Ocrelizumab May Improve Cognitive Function in Relapsing Multiple Sclerosis
Cognitive impairment is often reported among patients with multiple sclerosis.
Compared with interferon beta-1a, treatment of relapsing forms of multiple sclerosis (MS) with ocrelizumab resulted in improved cognitive performance, according to results from a pooled analysis of the phase 3 OPERA studies (ClinicalTrials.gov: NCT01247324, NCT01412333).
The results were presented at the 2017 Consortium of Multiple Sclerosis Centers Annual Meeting, May 24-27 in New Orleans.
Previous reports have established ocrelizumab's superiority over interferon beta-1a in reducing MS relapses, disability and disease progression, and lesion load and brain atrophy in patients with relapsing MS. The current study sought to evaluate the effect of treatment with ocrelizumab on measurements of cognitive function, including the Paced Auditory Serial Addition Test (PASAT) and the Symbol Digit Modalities Test (SDMT), which measure processing speed and working memory.
The PASAT and SDMT assessments were performed at baseline and every 12 weeks thereafter. In the pooled population, mean (SE) baseline PASAT and SDMT scores were 42.58 (0.460) and 47.34 (0.641) in patients receiving ocrelizumab vs 41.70 (0.477) and 47.31 (0.639) in patient treated with interferon beta-1a, respectively. A modest correlation was observed between SDMT and PASAT scores (0.36; P <.0001).
At 96 weeks, improvement in mean PASAT scores in patients receiving ocrelizumab were greater than in those receiving interferon beta-1a (6.520; SE 0.35, 95% CI, 5.84-7.20 vs 5.651; SE 0.36, 95% CI, 4.95-6.35; P =.0531). Similar improvements were observed in SDMT scores in patients receiving ocrelizumab vs interferon beta-1a (96 weeks: 5.430; SE 0.52, 95% CI, 4.41-6.46 vs 4.046; SE 0.54, 95% CI, 3.00-5.10; P =.0422).

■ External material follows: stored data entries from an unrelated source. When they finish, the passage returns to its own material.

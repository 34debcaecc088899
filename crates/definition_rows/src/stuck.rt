//! Stuck traces: which lane waits for a parcel that never comes, and at which line.

ghost use Rattle.std.specs.Prelude.{◌≡◌, [], ◌∷◌, Some, None};
ghost use Rattle.pool_law.specs.declared.command.Command.TheVariants.{Alloc, Release, Send, Recv, Touch};
ghost use Rattle.pool_law.specs.Stuck.{stuck_at};

/// Lanes that wait for each other, or for a parcel that nobody sends.
pub fn stuck_traces()
    ensures both { stuck_at ((Recv 0 1 ∷ []) ∷ (Recv 0 0 ∷ []) ∷ []) ≡ Some (0, 0) }
    ensures round { stuck_at
        ((Recv 0 2 ∷ Send 1 1 ∷ []) ∷ (Recv 0 0 ∷ Send 1 2 ∷ []) ∷ (Recv 0 1 ∷ Send 1 0 ∷ []) ∷ [])
        ≡ Some (0, 0) }
    ensures one_parcel_too_few { stuck_at
        ((Alloc 0 4 ∷ Send 0 1 ∷ []) ∷ (Recv 0 0 ∷ Recv 1 0 ∷ []) ∷ [])
        ≡ Some (1, 1) }
    ensures sent_elsewhere { stuck_at ((Send 0 2 ∷ []) ∷ (Touch 0 ∷ Recv 1 0 ∷ []) ∷ [] ∷ [])
        ≡ Some (1, 1) }
    ensures before_its_own_send { stuck_at ((Recv 0 0 ∷ Send 0 0 ∷ []) ∷ []) ≡ Some (0, 0) }
    // lane 0 waits too, for what lane 1 sends behind the receive at which it waits
    ensures least_lane { stuck_at
        ((Touch 0 ∷ Recv 1 1 ∷ []) ∷ (Recv 0 2 ∷ Send 1 0 ∷ []) ∷ [] ∷ []) ≡ Some (0, 1) }
{}

/// Lanes of which each passes its last command.
pub fn traces_that_end()
    ensures no_command { stuck_at ([] ∷ []) ≡ None }
    ensures no_parcel { stuck_at ((Alloc 0 4 ∷ Release 0 ∷ []) ∷ []) ≡ None }
    ensures hand_over { stuck_at ((Alloc 0 4 ∷ Send 0 1 ∷ []) ∷ (Recv 0 0 ∷ []) ∷ []) ≡ None }
    ensures there_and_back { stuck_at
        ((Send 0 1 ∷ Recv 1 1 ∷ []) ∷ (Recv 0 0 ∷ Send 0 0 ∷ []) ∷ []) ≡ None }
    ensures to_itself { stuck_at ((Send 0 0 ∷ Recv 1 0 ∷ []) ∷ []) ≡ None }
    ensures unfetched { stuck_at ((Send 0 1 ∷ Send 0 1 ∷ []) ∷ (Recv 0 0 ∷ []) ∷ []) ≡ None }
    // a send that will be refused counts too
    ensures refused { stuck_at ((Send 0 1 ∷ []) ∷ (Recv 0 0 ∷ []) ∷ []) ≡ None }
{}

Overall, treatment with ocrelizumab improves cognitive performance in measures of processing speed and working memory better than interferon beta-1a.
For more coverage of CMSC 2017, go here.
Disclosures: The study was supported by F. Hoffmann-La Roche and Genentech. Drs Miller, de Seze, Hauser, Kappos, Wolinsky, and Lublin report multiple relationships with industry. Drs Han and Julian and Dr Napieralski are employed by Genentech and F. Hoffmann-La Roche, respectively. See the abstract for a full list of disclosures.
Miller AE, de Seze J, Hauser SL, et al. The effect of ocrelizumab on cognitive functioning in relapsing multiple sclerosis: analysis of the phase 3 interferon beta-1a-controlled OPERA studies. Presented at: 2017 Consortium of Multiple Sclerosis Centers Annual Meeting. May 24-27, 2017; New Orleans, LA. Abstract DX09.